Severe stress is defined as being unable to meet repayments without refinancing, with many having to re-schedule bond repayments.
"They are sobering figures. Yet, probably the scariest finding from our research is that once someone is in severe stress there is a 20% chance of being forced to sell the property and there is only a 50% chance of getting out of mortgage stress altogether," says Levitt.
Levitt explains that the lesson struggling homeowners should adhere to when in trouble, is that "you can't just ignore it and hope things will improve. The quicker you take action, the better your chances of beating the financial survival odds".
While inflation is now a real factor in South African economic landscape, these mortgage bond stress levels are affecting the South African residential property market. Retail sales are down, housing finance has slumped, consumer sentiment has crashed and the property market is down. "It's not as if everyone is out partying as they have been for the last five years," says Levitt.
For an indication of just how savage our interest rate levels are, official repo interest rates in the US are 2,25%, Canada 3% and Britain 5%. Compare that to South Africa's repo rate at 11,5%. If they go to 12%, as the Reserve Bank hints, this may strike another fatal blow to the residential property market. South African home loan borrowers are already paying five times the repayments of American property owners. "So it's not surprising that more and more consumers are falling into arrears."

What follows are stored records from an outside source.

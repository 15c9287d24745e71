//! What the contracts of the index come to over whole runs: laws, and the promises of the index in one place.
//!
//! # What carries the proof
//!
//! `ExecutionsAreLinearizable` says so of an `IsExecution`; `StepsAreMoments` ties it to the table's steps. Lives of passes whose traces
//! have ended in one run are interleaved as their steps stand in it (`OneRunIsAnExecution`). `NoRecordIsLost`: where no pass is at work,
//! steps of a round lead from core to core (`Rounding`), and each record in the tree of a lawful core is listed once (`Standing`).
#![tactic(auto)]

pub mod laws;
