//! The calls for programs in C. `c/hot.h` says how to use them.

ghost use Rattle.std.specs.Prelude.{◌≡◌, ◌≢◌, ◌⊎◌, ◌↔◌, ℕ, List, IsOk, IsSome, None, Some, length, min};
ghost use Rattle.finite_map.specs.declared.Call.TheVariants.{Add, Exchange, Get, Insert, Remove, RemoveIf, Upsert};
ghost use Rattle.hot_c.specs.declared.opened.Opened.{Opened};
ghost use Rattle.hot_c.specs.Calls.{Answers, AreClosed, FitsInKey, HasGivenBack, HasCountedRecords, HasOpenedKeeper, HaveOpened, HaveOpenedStock, IsSize, IsStockSize, OpensNext, StaysOpen, for_key, places_of};
ghost use Rattle.hot_c.specs.Lookups.{LooksUpAll};
ghost use Rattle.hot_c.specs.Refusals.{TellsOfNoLack, TellsWhatMay};
ghost use Rattle.hot_c.specs.Stocks.{TakesBytes, stock_in};
ghost use Rattle.record_words.specs.Layout.{stock_for, stock_for_any};
ghost use Rattle.record_words.specs.declared.TheConstants.{MAX_STOCK_PASSES};

use crate::census::{HotCounts, show_counts};
use crate::handle::IndexHandle;
use crate::lookups::{Lookup, copy_keys, have_fitting_keys, write_found_values};
use crate::opening::{
    are_closed, are_counts_in_range, is_stock_in_range, make_keeper, make_passes,
    make_passes_with_stock, open_handles,
};
use crate::status::{
    BUSY, CLOSED, DONE, FULL_LEAVES, FULL_NODES, HELD_BACK, KEY_TOO_LONG, NO_HANDLE, NO_MEMORY,
    OPEN, OUT_OF_RANGE, write_reply,
};
use crate::stock::HotStock;
use hot_index::{Call, IndexFault, keep_one_node};
use key_bits::{Key, KeyFault};
use record_words::{Layout, MAX_STOCK_PASSES, Stock};
use std::alloc::Global;

/// Makes an empty index with `nodes` node records, 1 to 65,535, one more for removals, and `leaves` leaf records, 1 to 262,143, all long.
/// Opens each of `handles`, 1 to 64, with a pass of it, in the order of their numbers, and returns `DONE`.
///
/// Else all handles stay as they were. It returns `OUT_OF_RANGE` if a number is out of range, `OPEN` if a handle is open, or `NO_MEMORY`.
/// Of two that apply it returns the one named first. What C keeps in each handle (`place`) stays.
#[unsafe(no_mangle)]
pub extern "C" fn hot_create(
    alloc: Global,
    nodes: u32,
    leaves: u32,
    handles: &mut [IndexHandle],
) -> u32
    ensures range { ¬ IsSize (length handles.old) nodes leaves → (result ≡ OUT_OF_RANGE) × (handles.new ≡ handles.old) }
    ensures open { IsSize (length handles.old) nodes leaves → ¬ AreClosed handles.old → (result ≡ OPEN) × (handles.new ≡ handles.old) }
    ensures made { AreClosed handles.old → IsSize (length handles.old) nodes leaves →
        ((result ≡ DONE) × HaveOpened nodes leaves handles.new) ⊎ ((result ≡ NO_MEMORY) × (handles.new ≡ handles.old)) }
    ensures places { places_of handles.new ≡ places_of handles.old }
{
    if !are_counts_in_range(handles.len(), nodes, leaves) {
        return OUT_OF_RANGE;
    }
    if !are_closed(handles) {
        return OPEN;
    }
    match make_passes(alloc, handles.len() as u32, nodes, leaves) {
        Ok(passes) => {
            open_handles(handles, passes);
            DONE
        }
        Err(IndexFault::Layout(_)) => OUT_OF_RANGE,
        Err(IndexFault::Memory) => NO_MEMORY,
    }
}

/// Makes an empty index with the records of `stock`, and one node record more for removals. Opens each of `handles` with a pass of it, in
/// the order of their numbers, and returns `DONE`.
///
/// Else all handles stay as they were. It returns `OUT_OF_RANGE` unless there are 1 to 1,024 handles, a node record, and 1 to 4,294,967,295
/// leaf records in all. It returns `OPEN` if these numbers are in range and a handle is open, or `NO_MEMORY`. What C keeps in each handle
/// (`place`) stays.
#[unsafe(no_mangle)]
pub extern "C" fn hot_create_with(
    alloc: Global,
    stock: &HotStock,
    handles: &mut [IndexHandle],
) -> u32
    ensures range { ¬ IsStockSize (length handles.old) (stock_in stock.now) → (result ≡ OUT_OF_RANGE) × (handles.new ≡ handles.old) }
    ensures open { IsStockSize (length handles.old) (stock_in stock.now) → ¬ AreClosed handles.old → (result ≡ OPEN) × (handles.new ≡ handles.old) }
    ensures made { AreClosed handles.old → IsStockSize (length handles.old) (stock_in stock.now) →
        ((result ≡ DONE) × HaveOpenedStock (stock_in stock.now) handles.new) ⊎ ((result ≡ NO_MEMORY) × (handles.new ≡ handles.old)) }
    ensures places { places_of handles.new ≡ places_of handles.old }
{
    let records = stock.to_stock();
    if !is_stock_in_range(handles.len(), &records) {
        return OUT_OF_RANGE;
    }
    if !are_closed(handles) {
        return OPEN;
    }
    match make_passes_with_stock(alloc, handles.len() as u32, records) {
        Ok(stocked) => {
            open_handles(handles, stocked);
            DONE
        }
        Err(IndexFault::Layout(_)) => OUT_OF_RANGE,
        Err(IndexFault::Memory) => NO_MEMORY,
    }
}

/// Makes an empty index with `passes` passes, the records of `stock`, and one node record more for removals. Of each kind the first records
/// are committed: as many as `committed` has, or all if it has more, with those that `create_reserved` adds. Opens `handle` with the last of
/// its passes, and returns `DONE`. The handle keeps the others, closed, for `hot_open_kept`. Else the handle stays as it was. It returns
/// `OUT_OF_RANGE` unless there are 1 to 1,024 passes, a node record, and 1 to 4,294,967,295 leaf records in all. It returns `OPEN` if these
/// numbers are in range and the handle is open, or `NO_MEMORY`. `place` stays.
#[unsafe(no_mangle)]
pub extern "C" fn hot_create_keeping(
    alloc: Global,
    stock: &HotStock,
    committed: &HotStock,
    passes: usize,
    handle: &mut IndexHandle,
) -> u32
    ensures range { ¬ IsStockSize passes (stock_in stock.now) → (result ≡ OUT_OF_RANGE) × (handle.new ≡ handle.old) }
    ensures open { IsStockSize passes (stock_in stock.now) → IsSome handle.old.cell.opened → (result ≡ OPEN) × (handle.new ≡ handle.old) }
    ensures made { handle.old.cell.opened ≡ None → IsStockSize passes (stock_in stock.now) →
        ((result ≡ DONE) × HasOpenedKeeper passes (stock_in stock.now) handle.new.cell.opened) ⊎ ((result ≡ NO_MEMORY) × (handle.new ≡ handle.old)) }
    ensures place { handle.new.place ≡ handle.old.place }
{
    let records = stock.to_stock();
    if !is_stock_in_range(passes, &records) {
        return OUT_OF_RANGE;
    }
    if handle.is_open() {
        return OPEN;
    }
    match make_keeper(alloc, passes as u32, records, committed.to_stock()) {
        Ok(keeper) => {
            handle.open(keeper);
            DONE
        }
        Err(IndexFault::Layout(_)) => OUT_OF_RANGE,
        Err(IndexFault::Memory) => NO_MEMORY,
    }
}

/// Takes the pass of the least number out of those that `keeper` keeps, opens `handle` with it, and returns `DONE`. `handle` then keeps no
/// pass. Else both handles stay as they were. It returns `CLOSED` if `keeper` is closed, else `OPEN` if `handle` is open, else `NO_HANDLE`
/// if no pass is kept, or `NO_MEMORY`. What C keeps in each handle (`place`) stays.
#[unsafe(no_mangle)]
pub extern "C" fn hot_open_kept(
    alloc: Global,
    keeper: &mut IndexHandle,
    handle: &mut IndexHandle,
) -> u32
    ensures closed { keeper.old.cell.opened ≡ None → (result ≡ CLOSED) × (keeper.new.cell.opened ≡ None) × (handle.new ≡ handle.old) }
    ensures open { IsSome keeper.old.cell.opened → IsSome handle.old.cell.opened → (result ≡ OPEN) × (keeper.new ≡ keeper.old) × (handle.new ≡ handle.old) }
    ensures opened { (was : Opened) → keeper.old.cell.opened ≡ Some was → handle.old.cell.opened ≡ None →
        OpensNext was keeper.new.cell.opened handle.new.cell.opened result }
    ensures places { (keeper.new.place ≡ keeper.old.place) × (handle.new.place ≡ handle.old.place) }
{
    if !keeper.is_open() {
        return CLOSED;
    }
    if handle.is_open() {
        return OPEN;
    }
    match keeper.cell.lend().open_next_handle(alloc) {
        Ok(Some(opened)) => {
            handle.open(opened);
            DONE
        }
        Ok(None) => NO_HANDLE,
        Err(_) => NO_MEMORY,
    }
}

/// Writes to `stock` what `Stock::for_keys` returns: records for up to `count` keys at once, of at most `longest` bytes each. A `longest`
/// above 240 counts as 240.
#[unsafe(no_mangle)]
pub extern "C" fn hot_stock_for_keys(count: u32, longest: usize, stock: &mut HotStock)
    ensures { stock_in stock.new ≡ stock_for count longest }
{
    stock.set_counts(Stock::for_keys(count, longest));
}

/// Writes to `stock` what `Stock::for_any_keys` returns for an index of `handles` passes. That stock is enough for any `count` keys at
/// once, of at most `longest` bytes each. More than 1,024 passes count as 1,024.
#[unsafe(no_mangle)]
pub extern "C" fn hot_stock_for_any_keys(
    count: u32,
    longest: usize,
    handles: usize,
    stock: &mut HotStock,
)
    ensures { stock_in stock.new ≡ stock_for_any count longest (min handles MAX_STOCK_PASSES) }
{
    let passes = handles.min(MAX_STOCK_PASSES as usize) as u32;
    stock.set_counts(Stock::for_any_keys(count, longest, passes));
}

/// Writes how many bytes the table of an index with the records of `stock` and `handles` passes takes to `bytes`, and returns `DONE`. The
/// node record that is kept for removals is counted. It returns `OUT_OF_RANGE` if there is no such index, since a number is out of range;
/// then `bytes` stays.
#[unsafe(no_mangle)]
pub extern "C" fn hot_stock_bytes(stock: &HotStock, handles: usize, bytes: &mut usize) -> u32
    ensures range { ¬ IsStockSize handles (stock_in stock.now) → (result ≡ OUT_OF_RANGE) × (bytes.new ≡ bytes.old) }
    ensures done { IsStockSize handles (stock_in stock.now) → (result ≡ DONE) × TakesBytes handles (stock_in stock.now) bytes.new }
{
    let Ok(passes) = u32::try_from(handles) else {
        return OUT_OF_RANGE;
    };
    match Layout::with_stock(passes, stock.to_stock()) {
        Ok(layout) => {
            *bytes = keep_one_node(layout).bytes();
            DONE
        }
        Err(_) => OUT_OF_RANGE,
    }
}

/// Writes the number of the handle's pass to `number`, and returns `DONE`. After `hot_create` or `hot_create_with` it is the handle's
/// number in `handles`, from 0 on. If the handle is closed, it returns `CLOSED`, and `number` stays. The handle stays as it was.
#[unsafe(no_mangle)]
pub extern "C" fn hot_number(handle: &mut IndexHandle, number: &mut u16) -> u32
    ensures closed { handle.old.cell.opened ≡ None → (result ≡ CLOSED) × (number.new ≡ number.old) }
    ensures number { (was : Opened) → handle.old.cell.opened ≡ Some was → (result ≡ DONE) × (number.new ≡ was.handle.pass.number) }
    ensures kept { handle.new.cell.opened ≡ handle.old.cell.opened }
    ensures place { handle.new.place ≡ handle.old.place }
{
    if !handle.is_open() {
        return CLOSED;
    }
    *number = handle.cell.lend().handle.number();
    DONE
}

/// Looks up `key`, as `Index::get` does. Writes the key's value to `value` and returns `FOUND`, or returns `ABSENT`. It returns `CLOSED` if
/// `handle` is closed, and `KEY_TOO_LONG` if `key` has more than 240 bytes. `value` stays unless the status is `FOUND`. No other status is
/// returned. An open handle stays open, with the passes that it keeps. `place` stays.
#[unsafe(no_mangle)]
pub extern "C" fn hot_get(handle: &mut IndexHandle, key: &[u8], value: &mut u64) -> u32
    ensures call { Answers key.now (Get key.now) handle.old.cell.opened handle.new.cell.opened value.old value.new result }
    ensures unrefused { (result ≢ BUSY) × (result ≢ HELD_BACK) × (result ≢ FULL_NODES) × (result ≢ FULL_LEAVES) }
    ensures place { handle.new.place ≡ handle.old.place }
{
    if !handle.is_open() {
        return CLOSED;
    }
    let mut asked = Key::empty();
    match asked.set_bytes(key) {
        Ok(()) => write_reply(handle.cell.lend().get(&asked), value),
        Err(_) => KEY_TOO_LONG,
    }
}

Levitt believes that the pain of higher interest rates has only just started to kick in and believes that we will see further residential value falls over the next 6 to 12 months and another hike will simply speed up this process.
"The South African housing market is in a bind - we have a historic housing shortage and thus huge demand at the entry level, but that isn't going to stop prices declining further. I think we'll see prices fall by another 5% this year - and that's without another interest-rate rise.
"If rates rise again it will accelerate price declines, and that's an ominous prospect because price falls can be infectious," Levitt says.
"If one house in a street sells for a lower than expected price, that can have a knock-on effect to other properties in the same area, and so it goes on."
The latest figures from the Alliance Research team, released last week, showed Johannesburg house prices falling by 5,5% in the March quarter alone and Cape Town falling by 4,85% – the average performance of the five large South African cities. The Standard Bank property gauge recently revealed the first residential price drop in eight years.
The Reserve Bank's hint that interest rates might have to rise later this year if inflation keeps rising, would thus be disastrous for struggling homeowners.
"You've got to be smart in today's market. There's a great opportunity to buy properties at distressed rates. We are already seeing great deals for buyers and with the residential rentals tracking interest rates, investors can get a good yield through house investing. Over time the market will settle down, as it always does, and investors will again see capital growth," Levitt says.
The irony, explains Levitt, is that with decreasing home prices there is actually no better time to get into the market. "Bold investors will make bold profits when the market inevitably turns upwards."